Improve `torch.norm` functionality, errors, and tests (#41956) Summary: **BC-Breaking Note:** BC breaking changes in the case where keepdim=True. Before this change, when calling `torch.norm` with keepdim=True and p='fro' or p=number, leaving all other optional arguments as their default values, the keepdim argument would be ignored. Also, any time `torch.norm` was called with p='nuc', the result would have one fewer dimension than the input, and the dimensions could be out of order depending on which dimensions were being reduced. After the change, for each of these cases, the result has the same number and order of dimensions as the input. **PR Summary:** * Fix keepdim behavior * Throw descriptive errors for unsupported sparse norm args * Increase unit test coverage for these cases and for complex inputs These changes were taken from part of PR https://github.com/pytorch/pytorch/issues/40924. That PR is not going to be merged because it overrides `torch.norm`'s interface, which we want to avoid. But these improvements are still useful. Issue https://github.com/pytorch/pytorch/issues/24802 Pull Request resolved: https://github.com/pytorch/pytorch/pull/41956 Reviewed By: albanD Differential Revision: D22837455 Pulled By: mruberry fbshipit-source-id: 509ecabfa63b93737996f48a58c7188b005b7217

commit: 206db5c1272a536fc668a1b5822a7de2c4fc5934 [log] [tgz]
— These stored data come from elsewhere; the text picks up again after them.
// The walk over headers, as a struct that holds the packet's bytes and its place. The work is `header_at`'s, the cursor form, which takes a
// plain slice; each function here takes the struct apart or makes one.
#![tactic(auto)]

ghost use Rattle.std.specs.Prelude.{◌≡◌};
ghost use Rattle.packet.specs.Header.{header_at_of, read_headers};
ghost use Rattle.walk.specs.Walk.{walk_at, count_of};

use packet::header::{HeaderAt, header_at};

// The packet's bytes, and the place in them where the walk stands.
#[derive(Clone, Copy)]
pub struct Walk<'a> {
    pub packet: &'a [u8],
    pub at: usize,
}

// Starts a walk at `at`; a packet's headers start behind its prefix.
pub fn new<'a>(packet: &'a [u8], at: usize) -> Walk<'a>
    ensures { result ≡ walk_at packet.entry at }
{
    Walk { packet, at }
}

// Reads the header where the walk stands.
pub fn next<'a>(w: Walk<'a>) -> HeaderAt
    ensures { result ≡ header_at_of w.entry.packet.now w.entry.at }
{
    header_at(w.packet, w.at)
}

// Reads the header at `at`: a walk's step for callers that have a plain slice. The loops over headers above this crate go by it.
pub fn step(packet: &[u8], at: usize) -> HeaderAt
    ensures { result ≡ header_at_of packet.now at }
{
    next(new(packet, at))
}

// Counts the headers of a packet from `from` up to its end, if they can be read (the source's Headers::parse and Headers::len).
pub fn len(packet: &[u8], from: usize) -> Option<usize>
    ensures { result ≡ count_of (read_headers packet.now from) }
{
    let mut at = from;
    let mut n = 0;
    loop {
        match step(packet, at) {
            HeaderAt::At {
                id: _,
                encoding: _,
                start: _,
                end,
            } => {
                at = end;
                n = n + 1;
            }
            HeaderAt::Unreadable => {
                return None;
            }
            HeaderAt::End => {
                return Some(n);
            }
        }
    }
}
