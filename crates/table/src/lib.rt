// The table store: 64-bit numbers at fixed places, which the host lends to the calls that look at them, so that a state of few bytes goes
// from call to call. The open ids stand first (`connection::peer`), then the nonces that were taken last, then the Targets of the ids.
#![tactic(auto)]

pub mod nonces;
pub mod targets;

// How long the table store must be: a call that is lent a shorter one is refused.
pub const TABLE_LENGTH: usize = 320;
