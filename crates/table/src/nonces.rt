// The nonces that the engine took last (docs/PROTOCOL.md#nonces): the latest stands in front, and the oldest of 32 falls out. The source
// has no such rule.
ghost use Rattle.std.specs.Prelude.{◌≡◌, ◌≤◌, length};
ghost use Rattle.table.specs.Places.{max_nonces, table_length};
ghost use Rattle.table.specs.Nonces.{pushed, remembered_with, remembered, among, counted as countedAs};

use digest::md5::Octets16;

// How many nonces are remembered.
pub const MAX_NONCES: usize = 32;

// Where the first halves of the nonces begin in the table store, the eight bytes that come first.
const FIRST_HALVES: usize = 64;

// Where their second halves begin, and where these end.
const SECOND_HALVES: usize = 96;

const END_OF_NONCES: usize = 128;

// Puts `x` in front; the last number falls out.
fn push_front(s: &mut [u64], x: u64)
    ensures { s.new ≡ pushed x s.old }
{
    // Stays a loop over an index: `rotate_right` calls memmove, and the archives for C promise to need no more than memcpy.
    let mut carry = x;
    for i in 0..s.len() {
        let y = s[i];
        s[i] = carry;
        carry = y;
    }
}

// Remembers `nonce` in `tables`, as the latest.
pub fn remember(tables: &mut [u64], nonce: Octets16)
    requires { table_length ≤ length tables.old }
    ensures { tables.new ≡ remembered_with nonce tables.old }
{
    push_front(&mut tables[FIRST_HALVES..SECOND_HALVES], nonce.first);
    push_front(&mut tables[SECOND_HALVES..END_OF_NONCES], nonce.second);
}

// Tells whether `nonce` is one of the `count` nonces that `tables` remembers.
pub fn is_used(tables: &[u64], count: usize, nonce: Octets16) -> bool
    requires { (count ≤ max_nonces) × (table_length ≤ length tables.now) }
    ensures { result ≡ among nonce (remembered count tables.now) }
{
    let firsts = &tables[FIRST_HALVES..FIRST_HALVES + count];
    let seconds = &tables[SECOND_HALVES..SECOND_HALVES + count];
    firsts.iter().zip(seconds.iter()).any(|(first, second)| *first == nonce.first
        && *second == nonce.second)
}

// Returns how many nonces are remembered after one more.
pub fn counted(count: usize) -> usize
    ensures { result ≡ countedAs count }
{
    if count < MAX_NONCES { count + 1 } else { count }
}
author: Kurt Mohler <kmohler@quansight.com> Sat Aug 01 01:52:06 2020 -0700
committer: Facebook GitHub Bot <facebook-github-bot@users.noreply.github.com> Sat Aug 01 01:55:12 2020 -0700
tree: 0afc2456cffbc0afb773806e1ee96b9f9254eb5f
parent: 44b018ddeb89e9c6283d3a1c17549848cf77d6a4 [diff]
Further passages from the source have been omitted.